# Alcoholic husband now gambling online - should I stay



## reserved1 (28 d ago)

Tricky one: I married my H 9 years ago knowing he was an alcoholic. I made him get a physical before we married. His doctor said everything was great but he should "CUT DOWN" on drinking. 

A few years later, after his doc died of liver failure, H had surgery and the doc took pics of his liver which he was under. He told me H had "beginning cirrhosis" and needed to cut back. He didn't. I can see he is having physical issues but I am not allowed near his medical records. I know he goes to the bar every day after work, but unlike a few years ago, he no longer gets sh!t faced drunk. 

A few weeks ago I found emails that he is online gambling. To the tune of $4k - $5k a month. I was stunned. We've been in a city apartment for 8 years because when we married, despite having a solid 6-figure income, he didn't have anything saved for a house. He is always nickling and diming everything. Now I know why. 

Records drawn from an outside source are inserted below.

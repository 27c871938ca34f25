//! Edits at the end of a vector.

ghost use Rattle.std.specs.Prelude.{◌≡◌, ◌≤◌, ◌<◌, ◌+◌, ◌-◌, ◌∷◌, ◌++◌, [], is_ok, if◌then◌else◌};
ghost use Rattle.std.specs.Prelude.{length, take, replicate, OnOk, OnErr, MatchOption};

use crate::vec::BitVec;
use crate::vec::front::{make_room, put_last, words_of_bits};
use bitvec::mem::BitRegister;
use bitvec::order::BitOrder;
use std::alloc::{AllocError, Allocator};

impl<R: BitRegister, O: BitOrder<R>, A: Allocator> BitVec<R, O, A> {
    ghost use Rattle.bitvec_vec.specs.BitVec.{vec_bits, bit_capacity};

    /// Puts a bit behind the others.
    ///
    /// Where memory is refused, the list is as it was. Constant time where there is room
    /// ([`capacity`](BitVec::capacity)); else one request to the allocator, and a copy of the words
    /// where it gives another place.
    ///
    /// # Examples
    ///
    /// ```
    /// let mut bits = BitVec::<u16, Lsb0>::new(rt.alloc());
    /// bits.push(true)?;
    /// assert_eq!(rt; bits.get(0), Some(true));
    /// ```
    #[inline(always)]
    pub fn push(&mut self, bit: bool) -> Result<(), AllocError>
        ensures bits { vec_bits self.new
            ≡ (if is_ok result then vec_bits self.old ++ bit ∷ [] else vec_bits self.old) }
        ensures capacity { bit_capacity self.old ≤ bit_capacity self.new }
        ensures full { OnErr result (bit_capacity self.old ≤ length (vec_bits self.old)) }
    {
        let len = self.len;
        make_room(&mut self.words, len)?;
        put_last::<R, O>(self.words.as_mut_slice(), len, bit);
        self.len = len + 1;
        Ok(())
    }

    /// Takes the last bit away and returns it, and `None` where there are no bits. Constant time.
    #[inline(always)]
    pub fn pop(&mut self) -> Option<bool>
        ensures bits { MatchOption result ((vec_bits self.old ≡ []) × (vec_bits self.new ≡ []))
            (λ bit. vec_bits self.old ≡ vec_bits self.new ++ bit ∷ []) }
        ensures capacity { bit_capacity self.new ≡ bit_capacity self.old }
    {
        let len = self.len;
        if len == 0 {
            return None;
        }
        let last = self.get_unchecked(len - 1);
        self.truncate(len - 1);
        Some(last)
    }

    /// Takes away the bits from number `len` on, and does nothing where there are none. Constant
    /// time.
    pub fn truncate(&mut self, len: usize)
        ensures bits { vec_bits self.new ≡ take len (vec_bits self.old) }
        ensures capacity { bit_capacity self.new ≡ bit_capacity self.old }
    {
        if self.len <= len {
            return;
        }
        self.words.truncate(words_of_bits::<R>(len));
        self.len = len;
    }

    /// Takes all bits away. The memory stays. Constant time.
    pub fn clear(&mut self)
        ensures bits { vec_bits self.new ≡ [] }
        ensures capacity { bit_capacity self.new ≡ bit_capacity self.old }
    {
        self.truncate(0);
    }
}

Our finances are 100% separate. I make a 6-figure income and have saved well. I am beyond irate at this discovery and trying to decide if I should stay or go. He is actually a wonderful, honest, moral person. He has a public job and I know he drinks for the stress. He said he will stop online gambling but I don't trust him after years of "I'm at work" when he was at the bar. This is a whole new level of devastation. 

I love him with all my heart and worry I will have to walk him through death if his liver takes a full dive. I also understand both the drinking and gambling are addictions. 

Has anyone been here? Advice? Looking around for houses as we speak.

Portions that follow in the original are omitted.